The ability to attract additional funding is largely determined by the extent to which the organization is able to provide the necessary insight into, and correct substantiation of, the cash flows, assuming sufficient repayment capacity. This means that extra attention must be paid to the design of the processes, the mutual communication and the quality of the available data. Although these are matters that must be arranged in the operational process, this often does not happen automatically. It is therefore desirable for directors to keep a close eye and at least discuss the progress made in this area with the responsible manager(s).
It is also good for directors to be aware of the most important agreements in the financing contracts. For example: when must the (un)audited annual figures or the calculation of the bank covenants be submitted; what are the consequences of breaching the covenants; what conditions apply to obtaining a waiver? Although there is a whole process involved, it is good to realize that, worst case, failure to meet certain obligations in the contract can lead to an event of default and ultimately even a loan falling due.
CONTROL OPTIONS
In addition to making agreements to provide insight into cash flows, it is at least as important to know which instruments a director has to prevent a shortage of liquid assets. Before discussing this with financiers or possible shareholders, experience shows that they will often first demand that costs and revenues be closely scrutinized. Furthermore, outside the organization additional financing can be sought from banks or a ministry.
If available, a shareholder can be asked for additional capital. Which one should be approached first, again depends on the situation. In times of uncertainty, or when the financiers have financed a large amount (this can be determined using the net debt/EBITDA or Loan to Value), it is common to approach the potential shareholders first.
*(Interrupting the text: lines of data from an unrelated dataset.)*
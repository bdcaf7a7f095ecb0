//! The answers of `explain` on a module, and on calls. Of a module's text they have the beginning: a module of more bytes is too long.

ghost use Rattle.std.specs.Prelude.{◌≡◌, false, IfOk, option_map, string_bytes};
ghost use Rattle.ob_answer_explained.specs.Explains.{IsCallsExplained, IsCallsFaultShown, IsCallsTold, IsModuleExplained, IsModuleFaultShown};
ghost use Rattle.ob_answer_explained.specs.Explains.{carry_fault_in, carry_fault_of_calls};
ghost use Rattle.ob_answer_files.specs.Reads.{OfWhole};
ghost use Rattle.ob_answer_explained.specs.CommandTexts.{calls_of_text, calls_texts_of};
ghost use Rattle.ob_object_compile.specs.Compilation as Compiles;
ghost use Rattle.ob_object_calls.specs.SequentialRun.{is_want_of_memory};

use crate::asked_texts::Calls;
use crate::shown_faults::{carry_shown, shown_name, shown_or};
use ob_answer_files::answered::Answer;
use ob_carry::carrying::CarryFault;
use ob_explained::{calls_explanation, module_explanation};
use ob_fault_lines::compile_faults::compile_fault_line;
use ob_fault_lines::sequential_faults::seq_fault_line;
use ob_interface::NoMemory;
use ob_object_calls::{SeqTextFault, check_text, seq_asked};
use ob_object_compile::{Beginning, CompileFault};
use std::alloc::{AllocError, Global};

/// The answer to the name and the beginning of a module's text.
pub fn explain_module(alloc: Global, name: &str, module: &[u8]) -> Result<Answer, NoMemory>
    ensures { IfOk result (OfWhole «module».now (λ whole. IsModuleExplained name.now whole)) }
{
    match check_text(alloc, module) {
        Ok(()) => Ok(Answer::printed(alloc, String::from_str(alloc, "ok\n")?)),
        Err(fault) => module_wrong(alloc, name, module, fault),
    }
}

/// The answer to a fault of a module by itself.
fn module_wrong(
    alloc: Global,
    name: &str,
    module: &[u8],
    fault: CompileFault,
) -> Result<Answer, NoMemory>
    ensures fault { IfOk result (λ a. IsModuleFaultShown name.now «module».now fault a) }
    ensures memory { IfOk result (λ _. Compiles.is_want_of_memory fault ≡ false) }
{
    if let CompileFault::NoMemory = fault {
        return Err(NoMemory);
    }
    let shown = shown_name(alloc, name)?;
    let told = module_explanation(alloc, &shown, module, fault)?;
    let line = compile_fault_line(alloc, Beginning::Body, fault)?;
    Ok(shown_or(alloc, told, line)?)
}

/// The answer to calls.
pub fn explain_calls(alloc: Global, calls: Calls<'_>) -> Result<Answer, NoMemory>
    ensures { IfOk result (OfWhole calls.entry.asked.text.now (λ whole. IsCallsExplained (calls_of_text (calls_texts_of calls.entry) whole))) }
{
    match seq_asked(alloc, calls.asked, calls.script) {
        Ok(_lines) => Ok(Answer::printed(alloc, String::from_str(alloc, "ok\n")?)),
        Err(fault) => calls_wrong(alloc, calls, fault),
    }
}

/// The answer to a fault of calls.
pub(crate) fn calls_wrong(
    alloc: Global,
    calls: Calls<'_>,
    fault: SeqTextFault,
) -> Result<Answer, NoMemory>
    ensures fault { IfOk result (λ a. IsCallsFaultShown (calls_texts_of calls.entry) fault a) }
    ensures memory { IfOk result (λ _. is_want_of_memory fault ≡ false) }
{
    if let SeqTextFault::NoMemory = fault {
        return Err(NoMemory);
    }
    let told = calls_told(alloc, calls, fault)?;
    let line = seq_fault_line(alloc, calls.asked.beginning, fault)?;
    Ok(shown_or(alloc, told, line)?)
}

/// What is shown of a fault of calls.
fn calls_told(
    alloc: Global,
    calls: Calls<'_>,
    fault: SeqTextFault,
) -> Result<Option<String>, AllocError>
    ensures { IfOk result (λ told. IsCallsTold (calls_texts_of calls.entry) fault (option_map string_bytes told)) }
{
    let command = calls.command;
    if let Some(fault) = carry_fault_of_calls(fault) {
        return carry_shown(alloc, command.from_name, calls.record_text, fault);
    }
    let module_shown = shown_name(alloc, command.module_name)?;
    let script_shown = shown_name(alloc, command.script_name)?;
    calls_explanation(
        alloc,
        &module_shown,
        calls.asked.text,
        &script_shown,
        calls.script,
        calls.asked.budget,
        fault,
    )
}

/// A fault of calls that is one of values that are carried over.
fn carry_fault_of_calls(fault: SeqTextFault) -> Option<CarryFault>
    ensures { result ≡ carry_fault_of_calls fault }
{
    match fault {
        SeqTextFault::Compile(fault) => carry_fault_in(fault),
        _ => None,
    }
}

/// The same of a fault of an object.
pub(crate) fn carry_fault_in(fault: CompileFault) -> Option<CarryFault>
    ensures { result ≡ carry_fault_in fault }
{
    match fault {
        CompileFault::Carry(fault) => Some(fault),
        _ => None,
    }
}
After all, because of the uncertainty about the future or the size of their current exposure, financiers will be reluctant to put extra money into the company. It is important to inform shareholders during good times and to keep them informed in the regular reporting cycle. To avoid being taken by surprise, they should be informed immediately of any development that could have a major impact. If the company is doing well and investments are needed to facilitate growth, for example, the financiers can be consulted first. Whether they are prepared to provide additional financing depends on several factors (such as the nature of the investment plans and the robustness of the forecasts provided), but the basic attitude will often be positive.
CONCLUSION
The importance of understanding the development of cash flows is not purely an operational matter. Cash flows play an important role in the continuity and flexibility of the business, the ability to invest, the timely identification of risks and the determination of the value of the business. For these reasons cash flows deserve attention at board level. To obtain good insights, the relationship with internal and external stakeholders, the agreements made with financiers and the measures to adjust play an important role. In all these matters, timeliness, predictability and accuracy are key to continuity and therefore important for a director. It is advisable to continuously invest in and pay attention to these issues.